--- The input ---

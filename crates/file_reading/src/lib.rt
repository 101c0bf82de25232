//! How the readers of files read: item by item, up to the first that has a fault.
//!
//! The definitions (specs/Reading.antt) speak of items of any kind, such as commands and lines, and of
//! any table of what an item does; each reader gives its own table. `Halt` is what stops a reader at an
//! item, `FileFault` why a file of commands is not read, and `RefusalKind` what a report says of a fault
//! (specs/Kinds.antt).
#![tactic(auto)]

mod fault;
mod halt;
mod kind;

pub use fault::FileFault;
pub use halt::Halt;
pub use kind::RefusalKind;
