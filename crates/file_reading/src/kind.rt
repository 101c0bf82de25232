//! Kinds of refusal, as a report tells them.
ghost use Rattle.std.specs.Prelude.{◌≡◌};
ghost use Rattle.file_reading.specs.Kinds.{Row};

/// A kind of refusal, which has a row in its reader's table.
pub trait RefusalKind: Copy {
    // how a report numbers it, and names it
    ghost row: { Self → Row };

    /// Its name, as its row has it.
    fn name(self) -> &'static str
        ensures name { result.now ≡ (row self).name };

    /// Its number, as its row has it.
    fn number(self) -> u32
        ensures number { result ≡ (row self).number };
}

/// The name of a kind of refusal: its variant's, or that of the kind that the variant in parentheses holds.
#[macro_export]
macro_rules! name_of {
    ($kind:expr, $of:ident$(($held:ident))?: $($name:ident)*) => {
        match $kind {
            $($of::$held(kind) => kind.name(),)?
            $($of::$name => stringify!($name),)*
        }
    };
}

---

Quote every line of the records above, from the first down to the one holding "and names it", exactly as written.

filename crates/file_reading/src/lib.rt
repository 101c0bf82de25232
//! How the readers of files read: item by item, up to the first that has a fault.
//!
//! The definitions (specs/Reading.antt) speak of items of any kind, such as commands and lines, and of
//! any table of what an item does; each reader gives its own table. `Halt` is what stops a reader at an
//! item, `FileFault` why a file of commands is not read, and `RefusalKind` what a report says of a fault
//! (specs/Kinds.antt).
#![tactic(auto)]

mod fault;
mod halt;
mod kind;

pub use fault::FileFault;
pub use halt::Halt;
pub use kind::RefusalKind;
filename crates/file_reading/src/kind.rt
repository 101c0bf82de25232
//! Kinds of refusal, as a report tells them.
ghost use Rattle.std.specs.Prelude.{◌≡◌};
ghost use Rattle.file_reading.specs.Kinds.{Row};

/// A kind of refusal, which has a row in its reader's table.
pub trait RefusalKind: Copy {
    // how a report numbers it, and names it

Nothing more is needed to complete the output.